The quotient rule is a critical tool in calculus, especially when differentiating fractions where both the numerator and denominator are functions of the variable \( x \). It helps in finding the derivative of a function that is the division of two differentiable functions. Imagine having two functions \( u(x) \) and \( v(x) \). The quotient rule gives us a formula to differentiate the function \( \frac{u(x)}{v(x)} \). This is especially helpful because directly applying simple derivative rules isn't possible when dealing with such division.Here's the formula: if you have \( f(x) = \frac{u(x)}{v(x)} \), then the derivative \( f'(x) \) is given by:

• \( f'(x) = \frac{u'(x)v(x) - u(x)v'(x)}{[v(x)]^2} \)

This formula tells us that we first find the derivative of the numerator \( u(x) \) and multiply it by the denominator \( v(x) \), and from this product, subtract the result of multiplying the numerator \( u(x) \) by the derivative of the denominator \( v'(x) \). Finally, we divide everything by the square of the denominator \( (v(x))^2 \).Remember, to use the quotient rule, it is essential both \( u(x) \) and \( v(x) \) are differentiable. Applying the rule correctly ensures precise results when differentiating quotients.

Within calculus, understanding functions of \( x \) is pivotal. Functions of \( x \) form the basis of most calculus problems. A function outputs a result based on the input value \( x \). For example, in our provided exercise, the function is \( f(x) = \frac{x}{e^x + e^{-x}} \). This is a perfect illustration of a ratio where both the numerator \( x \) and the denominator \( e^x + e^{-x} \) are functions of \( x \).In such composite functions, where the components involve different operations (like addition, subtraction, exponentials), the main task is usually differentiating them effectively and efficiently. Differentiating such functions often requires a mix of basic derivative rules and special rules, like the quotient rule, to manage their complexity.Recognizing each part of the function and its role can simplify the process of applying differentiation rules. For our example, identifying \( u(x) = x \) and \( v(x) = e^x + e^{-x} \) allows us to directly apply the quotient rule.

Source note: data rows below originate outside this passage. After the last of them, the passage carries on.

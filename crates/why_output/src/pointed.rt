// Whether a command takes its address from a pointer.
ghost use Rattle.std.specs.Prelude.{◌≡◌, ◌≤◌, IfSome};
ghost use Rattle.reason.specs.Reason.{reason_listed};
ghost use Rattle.why_output.specs.Pointed.{by_pointer, pointed_from, pointed_to, uses_pointer};

use packet::command;
use reason::{Reason, slice};
use text::least;

// The command at the front; not where its word is cut off.
fn by_pointer(rest: &[u8]) -> bool
    ensures { result ≡ by_pointer rest.now }
{
    let f = command::fields_at(rest);
    (1 < rest.len()) & !f.address
}

// One of the commands before a place.
fn pointed_before(packet: &[u8], place: usize) -> bool
    ensures { result ≡ pointed_from place place packet.now }
{
    let mut n = place;
    let mut rest = packet;
    // How long a command is is known only once its word is read.
    while 0 < n {
        if by_pointer(rest) {
            return true;
        }
        let k = command::command_bytes(command::fields_at(rest));
        n -= least(k, n);
        let from = least(k, rest.len());
        rest = &rest[from..];
    }
    false
}

// Or the one there.
pub(crate) fn pointed_to(packet: &[u8], place: usize) -> bool
    ensures { result ≡ pointed_to place packet.now }
{
    pointed_before(packet, place) | by_pointer(slice::rest(packet, place))
}

pub(crate) fn uses_pointer(packet: &[u8], reason: Option<Reason>) -> bool
    requires { IfSome reason (λ r. 1 ≤ r.number) }
    ensures { result ≡ uses_pointer packet.now (reason_listed reason) }
{
    let Some(r) = reason else {
        return pointed_to(packet, packet.len());
    };
    if r.number < 3 {
        return false;
    }
    pointed_to(packet, r.place as usize)
}
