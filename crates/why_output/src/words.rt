// The words that the program is started with.
ghost use Rattle.std.specs.Prelude.{[], ◌∷◌, ◌≡◌};
ghost use Rattle.text.specs.Room.{filled, put_at};
ghost use Rattle.why_output.specs.Words.{is_option, no_words, with_word, words_of, most_read, usage_text};

use crate::MOST;
use text::find;

// `name`: which argument names the file of pointers, from 1; `wrong`: a word that is not known, or is there twice, or one too many.
// `wrong` stands beside: the file named last is opened also where the words are wrong, and `words_of` promises it of wrong words too.
#[derive(Clone, Copy, Debug, PartialEq, Eq)]
pub struct Words {
    pub hex: bool,
    pub lb: bool,
    pub name: Option<usize>,
    pub wrong: bool,
}

// Whether a word begins with -, so that it is no name of a file.
pub fn is_option(word: &[u8]) -> bool
    ensures { result ≡ is_option word.now }
{
    word.first().copied().unwrap_or(0) == b'-'
}

fn no_words(wrong: bool) -> Words
    ensures { result ≡ no_words wrong }
{
    Words {
        hex: false,
        lb: false,
        name: None,
        wrong,
    }
}

// With argument k.
fn with_word(w: Words, k: usize, word: &[u8]) -> Words
    ensures { result ≡ with_word w k word.now }
{
    if find::same(word, b"--hex") {
        return Words {
            hex: true,
            wrong: w.wrong | w.hex,
            ..w
        };
    }
    if find::same(word, b"--lb") {
        return Words {
            lb: true,
            wrong: w.wrong | w.lb,
            ..w
        };
    }
    Words {
        name: Some(k),
        wrong: w.wrong | (w.name.is_some() | is_option(word)),
        ..w
    }
}

// `count`: how many words there are, the program's name among them.
pub fn words_of(count: usize, first: &[u8], second: &[u8], third: &[u8]) -> Words
    ensures { result ≡ words_of count (first.now ∷ second.now ∷ third.now ∷ []) }
{
    if 4 < count {
        return no_words(true);
    }
    let none = no_words(false);
    if count < 2 {
        return none;
    }
    let one = with_word(none, 1, first);
    if count == 2 {
        return one;
    }
    let two = with_word(one, 2, second);
    if count == 3 {
        return two;
    }
    with_word(two, 3, third)
}

// The bytes of standard input that are looked at: one more than it may have, and none where nothing is done with them.
pub fn most_read(w: Words, found: bool) -> usize
    ensures { result ≡ most_read w found }
{
    if w.wrong | !(w.name.is_none() | found) {
        return 0;
    }
    MOST + 1
}

pub(crate) fn put_usage(room: &mut [u8]) -> usize
    ensures { filled result room.new ≡ put_at usage_text 0 room.old }
{
    let at = text::put(room, 0, b"usage: why [--hex] [--lb] [POINTERS] < INPUT\n");
    let at = text::put(
        room,
        at,
        b"INPUT is a packet; with --lb packets, each behind \"LB\" and its length; with --hex hexadecimal text of these.\n",
    );
    text::put(
        room,
        at,
        b"It has at most 3,000,000 bytes. POINTERS is a file of the card's eight pointers, 32 bytes; a fresh card has zeros.\n",
    )
}
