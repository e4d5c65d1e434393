// The file of the card's pointers.
ghost use Rattle.std.specs.Prelude.{◌≡◌, ◌+◌, ◌*◌, ◌≤◌};
ghost use Rattle.why_output.specs.Given.{quad_at, spaces_in, pointers_in};

use lbp16::pointer::{Pointer, Pointers, SpacePointers};
use packet::bytes;

fn joined(low: u16, high: u16) -> u32
    ensures { result ≡ low + 65536 * high }
{
    low as u32 + 65536 * high as u32
}

// The number in the four bytes from `at` on, low byte first; a byte that is not there counts as 0.
fn quad_at(file: &[u8], at: usize) -> u32
    requires { at ≤ 28 }
    ensures { result ≡ quad_at file.now at }
{
    joined(bytes::pair_at(file, at), bytes::pair_at(file, at + 2))
}

// A file's first number; it may be asked of any file.
pub fn first_number(file: &[u8]) -> u32
    ensures { result ≡ quad_at file.now 0 }
{
    quad_at(file, 0)
}

fn spaces_in(file: &[u8], at: usize) -> SpacePointers
    requires { at ≤ 16 }
    ensures { result ≡ spaces_in file.now at }
{
    SpacePointers {
        registers: Pointer::new(quad_at(file, at)),
        eeprom: Pointer::new(quad_at(file, at + 4)),
        status: Pointer::new(quad_at(file, at + 8)),
        information: Pointer::new(quad_at(file, at + 12)),
    }
}

pub fn pointers_in(file: &[u8]) -> Pointers
    ensures { result ≡ pointers_in file.now }
{
    Pointers {
        plain: spaces_in(file, 0),
        info: spaces_in(file, 16),
    }
}
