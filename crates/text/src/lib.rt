// Text put into a lent room: each function answers the place behind what it put, and cuts off at the room's end what does not fit.
#![tactic(auto)]

pub mod find;
pub mod line;
pub mod number;

ghost use Rattle.std.specs.Prelude.{cond, ◌≡◌, min};
ghost use Rattle.text.specs.Room.{filled, put_at};

// The smaller of two numbers.
pub fn least(a: usize, b: usize) -> usize
    ensures { result ≡ min a b }
{
    a.min(b)
}

pub fn put(out: &mut [u8], at: usize, text: &[u8]) -> usize
    ensures { filled result out.new ≡ put_at text.now at out.old }
{
    let from = least(at, out.len());
    let n = least(text.len(), out.len() - from);
    // A loop, since a copy of a slice calls memmove, which the library does not ask for.
    for i in 0..n {
        out[from + i] = text[i];
    }
    from + n
}

// One of two texts.
pub fn pick<'a>(test: bool, text: &'a [u8], other: &'a [u8]) -> &'a [u8]
    ensures { result.now ≡ cond test text.now other.now }
{
    if test {
        return text;
    }
    other
}
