// Texts taken apart.
ghost use Rattle.std.specs.Prelude.{◌≡◌, ◌==◌, ◌<◌, length, drop, position, MatchOption};
ghost use Rattle.std.specs.Cmp.Lexicographic.{pointwise};
ghost use Rattle.text.specs.Find.{bytes_before, string_at, hex_value, same_bytes};

// The first b's place.
fn first_of(s: &[u8], b: u8) -> Option<usize>
    ensures { result ≡ position (λ c. c == b) s.now }
{
    s.iter().position(|&c| c == b)
}

// How many bytes stand before the first b: all of them where there is none.
pub fn bytes_before(s: &[u8], b: u8) -> usize
    ensures { result ≡ bytes_before b s.now }
{
    first_of(s, b).unwrap_or(s.len())
}

// What stands from a place on, past the end nothing.
pub fn rest(s: &[u8], from: usize) -> &[u8]
    ensures { result.now ≡ drop from s.now }
{
    s.get(from..).unwrap_or(&[])
}

// The string at a place of a memory, up to its NUL.
pub fn string(memory: &[u8], place: usize) -> &[u8]
    ensures { result.now ≡ string_at memory.now place }
{
    let text = rest(memory, place);
    let n = bytes_before(text, 0);
    &text[..n]
}

// The value of a hexadecimal digit of either case.
#[tactic(auto, using(crate::proofs::FindLaws::hex_ranged, std::proofs::lemmas::Bool::Decides::nat_tests))]
pub fn hex_value(c: u8) -> Option<u8>
    ensures { MatchOption result (hex_value c ≡ 16) (λ d. (d ≡ hex_value c) × (d < 16)) }
{
    match c {
        b'0'..=b'9' => Some(c - b'0'),
        b'A'..=b'F' => Some(c - b'A' + 10),
        b'a'..=b'f' => Some(c - b'a' + 10),
        _ => None,
    }
}

// Whether two texts of one length are the same, a byte at a time.
fn same_short(a: &[u8], b: &[u8]) -> bool
    requires { length a.now ≡ length b.now }
    ensures { result ≡ same_bytes a.now b.now }
{
    for (i, &x) in a.iter().enumerate() {
        if x != b[i] {
            return false;
        }
    }
    true
}

// Whether as many groups of eight bytes are the same, a group at a time.
fn same_eights(a: &[[u8; 8]], b: &[[u8; 8]]) -> bool
    requires { length a.now ≡ length b.now }
    ensures { result ≡ pointwise same_bytes a.now b.now }
{
    for (i, x) in a.iter().enumerate() {
        if *x != b[i] {
            return false;
        }
    }
    true
}

// Whether two texts are the same. Eight bytes at a time: the library's `==` calls a function for each two that are as long and begin alike.
#[tactic(auto, using(crate::proofs::FindLaws::by_eights, crate::proofs::FindLaws::same_lengths))]
pub fn same(a: &[u8], b: &[u8]) -> bool
    ensures { result ≡ same_bytes a.now b.now }
{
    if a.len() != b.len() {
        return false;
    }
    let (groups, rest) = a.as_chunks::<8>();
    let (others, other_rest) = b.as_chunks::<8>();
    same_short(rest, other_rest) && same_eights(groups, others)
}
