// What a run reads of the index, and which field of a row for each way.
#![tactic(auto)]

ghost use Rattle.std.specs.Prelude.{◌≡◌, cond, ◌<◌};
ghost use Rattle.limits.specs.Limits.{word_bound};
ghost use Rattle.run_index.specs.Index.{place_at};

use area_cells::item_at;
use area_words::wide;

// Number m of the index.
pub fn place(index: &[u16], m: usize) -> usize
    ensures { (result ≡ place_at index.now m) × (result < word_bound) }
{
    wide(item_at(index, m, 0))
}

// A field for the way forward, or another for the way back.
pub fn side(back: bool, forth: usize, other: usize) -> usize
    ensures { result ≡ cond back other forth }
{
    if back { other } else { forth }
}
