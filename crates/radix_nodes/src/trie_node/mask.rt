//! Masks of sixteen bits, one for each nibble.
ghost use Rattle.std.specs.Prelude.{◌≡◌, ◌≢◌, ◌<◌, ◌∷◌, [], List, ℕ, Err};
ghost use Rattle.masked_tree.specs.Mask.{IsMask, IsRisingFrom, IsPlaceOf, marked, cleared};

/// Where the child that begins with a nibble stands, or else would stand.
pub fn child_index(mask: u16, nibble: u8) -> Result<usize, usize>
    requires { nibble < 16 }
    ensures { (xs : List ℕ) → IsMask mask xs → IsRisingFrom 0 xs
        → IsPlaceOf nibble xs result }
{
    let bit = 1u16 << nibble;
    let index = (mask & (bit - 1)).count_ones() as usize;
    if mask & bit == 0 {
        Err(index)
    } else {
        Ok(index)
    }
}

/// The mask with the nibble's bit set.
pub fn mark(mask: u16, nibble: u8) -> u16
    requires { nibble < 16 }
    ensures { result ≡ marked mask nibble }
{
    mask | (1u16 << nibble)
}

/// The mask with the nibble's bit cleared.
pub fn unmark(mask: u16, nibble: u8) -> u16
    requires { nibble < 16 }
    ensures { result ≡ cleared mask nibble }
{
    mask & !(1u16 << nibble)
}

/// Where a child that begins with a nibble stands beside another.
pub fn beside(other: u8, nibble: u8) -> usize
    requires { other ≢ nibble }
    ensures { IsPlaceOf nibble (other ∷ []) (Err result) }
{
    if other < nibble { 1 } else { 0 }
}
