//! Linking and unlinking of nodes: none of these allocates.
ghost use Rattle.std.specs.Prelude.{◌≡◌, ◌≢◌, ◌+◌, ◌<◌, ◌≤◌, ◌∷◌, [], length, None, vec_len};
ghost use Rattle.nibble_map.specs.Trees.{first};
ghost use Rattle.masked_tree.specs.Mask.{rank};
ghost use Rattle.masked_tree.specs.Tree.{IsTreePlaced, IsAt};
ghost use Rattle.masked_tree.specs.Edits.{with_new_child, without_child, lowered, merged};
ghost use Rattle.radix_nodes.specs.Nodes.{tree_of, fragment_of, out_of, unboxed, IsUpper, HasRoom};

use crate::trie_node::mask::{beside, mark, unmark};
use crate::trie_node::parts::Parts;
use crate::trie_node::{KeyValue, TrieNode};
use radix_keys::Nibblet;
use std::mem;

/// Puts a child at place i, where there is room.
pub fn link<K, V>(node: &mut TrieNode<K, V>, i: usize, child: Box<TrieNode<K, V>>, nibble: u8)
    requires room { HasRoom 1 node.old }
    requires within { i ≤ vec_len (out_of node.old).children }
    requires nibble { nibble < 16 }
    ensures { tree_of node.new
        ≡ with_new_child i nibble (tree_of child.value) (tree_of node.old) }
{
    node.children.insert(i, child).unwrap();
    node.mask = mark(node.mask, nibble);
}

/// Takes the child at place i out.
pub fn unlink<K, V>(node: &mut TrieNode<K, V>, i: usize) -> Box<TrieNode<K, V>>
    requires within { i < vec_len (out_of node.old).children }
    requires placed { IsTreePlaced (tree_of node.old) }
    ensures child { IsAt i (tree_of node.old).children (tree_of result.value) }
    ensures tree { tree_of node.new
        ≡ without_child i (first (tree_of result.value).fragment) (tree_of node.old) }
    ensures nibble { first (tree_of result.value).fragment < 16 }
    ensures same { (out_of node.new).pair ≡ (out_of node.old).pair }
    ensures less { vec_len (out_of node.new).children + 1 ≡ vec_len (out_of node.old).children }
    ensures room { HasRoom 1 node.new }
{
    let child = node.children.remove(i);
    node.mask = unmark(node.mask, child.fragment.get(0));
    child
}

/// Puts `upper` in the place of the node in `slot`, which becomes its child with the fragment
/// `tail`.
pub fn lower<K: Drop, V: Drop>(
    slot: &mut Box<TrieNode<K, V>>,
    upper: Box<TrieNode<K, V>>,
    tail: Nibblet,
)
    requires { IsUpper (fragment_of upper.value) tail upper.value }
    ensures tree { tree_of slot.new.value
        ≡ lowered (fragment_of upper.value) tail (tree_of slot.old.value) }
    ensures room { HasRoom 1 slot.new.value }
    ensures one { vec_len (out_of slot.new.value).children ≡ 1 }
{
    let mut below = mem::replace(slot, upper);
    below.fragment = tail;
    slot.children.push(below).unwrap();
}

/// The same with another child beside the node, which begins with `nibble`.
pub fn lower_beside<K: Drop, V: Drop>(
    slot: &mut Box<TrieNode<K, V>>,
    upper: Box<TrieNode<K, V>>,
    tail: Nibblet,
    child: Box<TrieNode<K, V>>,
    nibble: u8,
)
    requires upper { IsUpper (fragment_of upper.value) tail upper.value }
    requires some { 0 < length tail }
    requires nibble { nibble < 16 }
    requires apart { first tail ≢ nibble }
    ensures { tree_of slot.new.value
        ≡ with_new_child (rank nibble (first tail ∷ [])) nibble (tree_of child.value)
        (lowered (fragment_of upper.value) tail (tree_of slot.old.value)) }
{
    let i = beside(tail.get(0), nibble);
    lower(slot, upper, tail);
    link(slot, i, child, nibble);
}

/// The node's only child takes its place, with the two fragments joined.
pub fn absorb<K: Drop, V: Drop>(node: &mut TrieNode<K, V>, fragment: Nibblet)
    requires one { vec_len (out_of node.old).children ≡ 1 }
    requires joined { fragment ≡ (merged (tree_of node.old)).fragment }
    ensures { tree_of node.new ≡ merged (tree_of node.old) }
{
    let only = node.children.remove(0);
    let Parts {
        fragment: _,
        pair,
        mask,
        children,
    } = Box::into_inner(only).into_parts();
    *node = TrieNode {
        fragment,
        pair,
        mask,
        children,
    };
}

/// Takes a pair out of its box.
pub fn take_pair<K, V>(at: &mut Option<Box<KeyValue<K, V>>>) -> Option<KeyValue<K, V>>
    ensures was { result ≡ unboxed at.old }
    ensures none { at.new ≡ None }
{
    match at.take() {
        Some(b) => Some(Box::into_inner(b)),
        None => None,
    }
}
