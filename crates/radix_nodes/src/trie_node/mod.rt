//! Nodes.
ghost use Rattle.std.specs.Prelude.{◌≡◌, ◌<◌, IsSome, None, MatchBool, option_copied, option_map, vec_len};
ghost use Rattle.masked_tree.specs.Edits.{empty};
ghost use Rattle.radix_nodes.specs.Nodes.{tree_of, out_of, unboxed};
ghost use Rattle.radix_nodes.specs.Pairs.{pair_of};

pub mod links;
pub mod mask;
pub mod parts;

use radix_keys::Nibblet;
use std::alloc::Global;
use std::mem;

/// A key and the value that stands at its list of nibbles.
#[derive(Drop)]
pub struct KeyValue<K, V> {
    pub key: K,
    pub value: V,
}

/// A node of the trie. Its path is the fragments from the root down to it, joined. Bit n of the
/// mask is set exactly where the fragment of a child begins with the nibble n, and the children
/// rise by that nibble, so the child for n stands at the count of set bits below bit n.
pub struct TrieNode<K, V> {
    pub fragment: Nibblet,
    pub pair: Option<Box<KeyValue<K, V>>>,
    pub mask: u16,
    pub children: Vec<Box<TrieNode<K, V>>>,
}

impl<K, V> TrieNode<K, V> {
    /// A node with an empty fragment, no pair and no child.
    #[tactic(auto, using(crate::proofs::NodeLemmas::Nodes::new_is))]
    pub fn new(alloc: Global) -> TrieNode<K, V>
        ensures { tree_of result ≡ empty }
    {
        TrieNode {
            fragment: Nibblet::new(alloc),
            pair: None,
            mask: 0,
            children: Vec::new(alloc),
        }
    }

    /// The pair that stands at the node's path, if there is one.
    pub fn pair(&self) -> Option<&KeyValue<K, V>>
        ensures { option_map (λ p. pair_of p.now) result
            ≡ option_map pair_of (tree_of self.now).pair }
    {
        self.pair.as_deref()
    }

    /// The value of that pair.
    pub fn value(&self) -> Option<&V>
        ensures { option_copied result ≡ option_map (λ p. p.value) (tree_of self.now).pair }
    {
        match self.pair() {
            Some(pair) => Some(&pair.value),
            None => None,
        }
    }
}

// No recursion and no allocation: the node at the top and one below it change places until all are
// gone. A child is linked only where another was taken out. Nothing reads the masks any more.
impl<K: Drop, V: Drop> Drop for TrieNode<K, V> {
    fn drop(mut self) {
        loop {
            let TrieNode {
                fragment,
                pair,
                mask,
                mut children,
            } = self;
            match children.pop() {
                None => return,
                Some(mut below) => {
                    if children.is_empty() {
                        self = Box::into_inner(below);
                    } else {
                        match below.children.pop() {
                            None => {
                                let _leaf = Box::into_inner(below).into_parts();
                                self = TrieNode {
                                    fragment,
                                    pair,
                                    mask,
                                    children,
                                };
                            }
                            Some(next) => {
                                children.push(next).unwrap();
                                let top = TrieNode {
                                    fragment,
                                    pair,
                                    mask,
                                    children,
                                };
                                let mut turned = mem::replace(&mut *below, top);
                                turned.children.insert(0, below).unwrap();
                                self = turned;
                            }
                        }
                    }
                }
            }
        }
    }
}

/// Whether the node has a pair.
pub fn has_pair<K, V>(node: &TrieNode<K, V>) -> bool
    ensures { MatchBool result (IsSome (unboxed (out_of node.now).pair))
        (unboxed (out_of node.now).pair ≡ None) }
{
    match &node.pair {
        Some(_) => true,
        None => false,
    }
}

/// Whether the node has no child.
pub fn is_end<K, V>(node: &TrieNode<K, V>) -> bool
    ensures { MatchBool result (vec_len (out_of node.now).children ≡ 0)
        (0 < vec_len (out_of node.now).children) }
{
    node.children.len() == 0
}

Derivative calculation is the core of many calculus problems. Calculating derivatives means finding the rate at which a function is changing at any given point. For the exercise provided, we focused on the function \( f(x) = \frac{x}{e^x + e^{-x}} \). To differentiate this function, we applied the quotient rule.First, we identified the components \( u(x) \) and \( v(x) \):

• \( u(x) = x \)
• \( v(x) = e^x + e^{-x} \)

Calculating the derivatives of these functions gives us:

• \( u'(x) = 1 \)
• \( v'(x) = e^x - e^{-x} \)

Next, substitute these into the quotient rule formula to find \( f'(x) \): \[ f'(x) = \frac{1 \cdot (e^x + e^{-x}) - x \cdot (e^x - e^{-x})}{(e^x + e^{-x})^2}\]After simplifying, we arrive at:\[ f'(x) = \frac{(1-x)e^x + (1+x)e^{-x}}{(e^x + e^{-x})^2}\]The result gives the derivative of the function, showing how the function changes with respect to \( x \). This powerful technique allows us to understand the behavior of complex functions in calculus.